Didalam mobil...
"Emang harus ya ngadain resepsi?" Tanya Alin.
"Kamu keberatan?" Tanya balik Raka.
"Bukannya keberatan cuma kan pernikahan kita aja hanya sampai anak ini lahir, apa perlu buat ngadain resepsi?" Jelas Alin sedikit ragu.
Raka tiba-tiba menepikan mobilnya membuat Alin kaget dan bingung.
"Ada apa??" Panik Alin.
"Maksud kamu apa ngomong gitu? Kamu nyesel nikah sama aku" kesal Raka.
"Bukan nya waktu itu kamu yang ngomong gitu??" bingung Alin.
"Dulu aku ngomong gitu karena gak ada cara lain buat bujuk kamu, tapi Al aku benaran berharap kita bisa besarin anak ini sama-sama aku gak mau kehilangan kalian" ucap Raka sendu sambil menggengam tangan Alin dan tangan satunya mengelus perut Alin.
"Aku mohon Al kasih aku kesempatan buat bahagiain kamu" sambung Raka penuh harap.
Alin kini hanya diam sambil merenungi semuanya ia juga tak ingin jadi orang egois yang hanya memikirkan diri sendiri apalagi kebersamaan nya dengan Raka beberapa bulan ini yang membuat Alin nyaman dan mulai bergantung pada Raka karena perhatian dan sikap Raka. Ditambah lagi kini dengan kehadiran mama Sarah dan papa Bagas Alin tak mungkin tega membuat mereka kecewa apalagi sebenarnya Alin juga sudah mulai ikhlas menjalani semua yang menimpanya hanya saja ia masih ragu dengan Raka yang memang menginginkan dirinya atau hanya karena bayi yang ia kandung namun setelah mendengar pengakuan Raka tadi yang tak ingin kehilang dirinya dan juga bayi yang ia kandung membuat Alin sedikit yakin dan akan mencoba untuk menerima Raka dan memulai lembaran baru dengan Raka.

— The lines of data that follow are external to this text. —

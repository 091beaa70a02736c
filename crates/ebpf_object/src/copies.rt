//! Copies of objects.

ghost use Rattle.std.specs.Prelude.{◌≡◌, [], IfOk, OnOk};

use crate::object::{Object, put, unread};
use btf_ext::BtfExt;
use btf_tables::Btf;
use std::alloc::AllocError;

/// A copy of a table, if there is one.
fn table_again<'a>(table: &Option<Btf<'a>>) -> Result<Option<Btf<'a>>, AllocError>
    ensures { IfOk result (λ again. again ≡ table.now) }
{
    match table {
        Some(table) => Ok(Some(table.try_clone()?)),
        None => Ok(None),
    }
}

/// A copy of the records of `.BTF.ext`, if there are any.
fn extension_again<'a>(extension: &Option<BtfExt<'a>>) -> Result<Option<BtfExt<'a>>, AllocError>
    ensures { IfOk result (λ again. again ≡ extension.now) }
{
    match extension {
        Some(extension) => Ok(Some(extension.try_clone()?)),
        None => Ok(None),
    }
}

impl<'a> Object<'a> {
    /// Copies everything of another object but its file. The object has no programs before.
    /// Functions are copied before programs, so that each program has its function where memory
    /// runs out.
    fn copy(&mut self, other: &Object<'a>) -> Result<(), AllocError>
        requires { self.old.programs ≡ [] }
        ensures { OnOk result (self.new ≡ record other.now { file = self.old.file }) }
    {
        put(&mut self.btf, table_again(&other.btf)?);
        put(&mut self.btf_ext, extension_again(&other.btf_ext)?);
        put(&mut self.maps, other.maps.try_clone()?);
        put(&mut self.functions, other.functions.try_clone()?);
        put(&mut self.programs, other.programs.try_clone()?);
        put(&mut self.externs, other.externs.try_clone()?);
        Ok(())
    }

    /// A copy of the object.
    pub fn try_clone(&self) -> Result<Object<'a>, AllocError>
        ensures { IfOk result (λ object. object ≡ self.now) }
    {
        let file = self.file.try_clone()?;
        let mut object = unread(self.alloc, file);
        object.copy(self)?;
        Ok(object)
    }
}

"Al kita mulai dari awal lagi ya?" Ucap Raka lagi membuat Alin tersadar dari lamunannya.
"Emm iya" saut Alin.
"Beneran Al??" Tanya Raka memastikan.
"Iya mas" saut Alin sambil menganguk pelan. Membuat Raka tersenyum bahagia dan langsung memeluk Alin.
"Terima kasih sayang" ucap Raka tulus sambil mengecup kening Alin.
"Ya sama-sama mas, yaudah jalan yuk ini udah siang loh" ucap Alin.
__ADS_1
Raka pun melajukan kembali mobilnya setelah melepas pelukannya...
***
Sampainya diperusahaan Raka dan Alin berjalan masuk bersama dengan senyum yang masih terukir dibibir keduanya. Raka dan Alin pun menaiki lift yang sama hingga kini sampai dilantai ruang kerja Alin.
"Aku duluan ya mas" ucap Alin sambil mencium punggung tangan Raka.
"Iya" saut Raka lalu mencium kening Alin kembali dan keduanya pun berpisah.
"Alin gue fikir lo gak masuk" ucap Lia saat Alin baru duduk disampingnya.
"Tadi gue kesiangan terus macet dijalan jadi telat deh" ucap Alin.
Lia pun melanjutkan pekerjaannya kembali begitu juga dengan Alin yang baru bergabung...
***
"Sorri Lia gue udah janji mau makan bareng Raka" ucap Alin pelan.
"Ya masa gue makan makan sendirian tega banget lo" ucap Lia.
"Kan bisa makan bareng bang Dion" usul Alin.
"Bang Dion kan masih tugas diluar kota" jelas Lia.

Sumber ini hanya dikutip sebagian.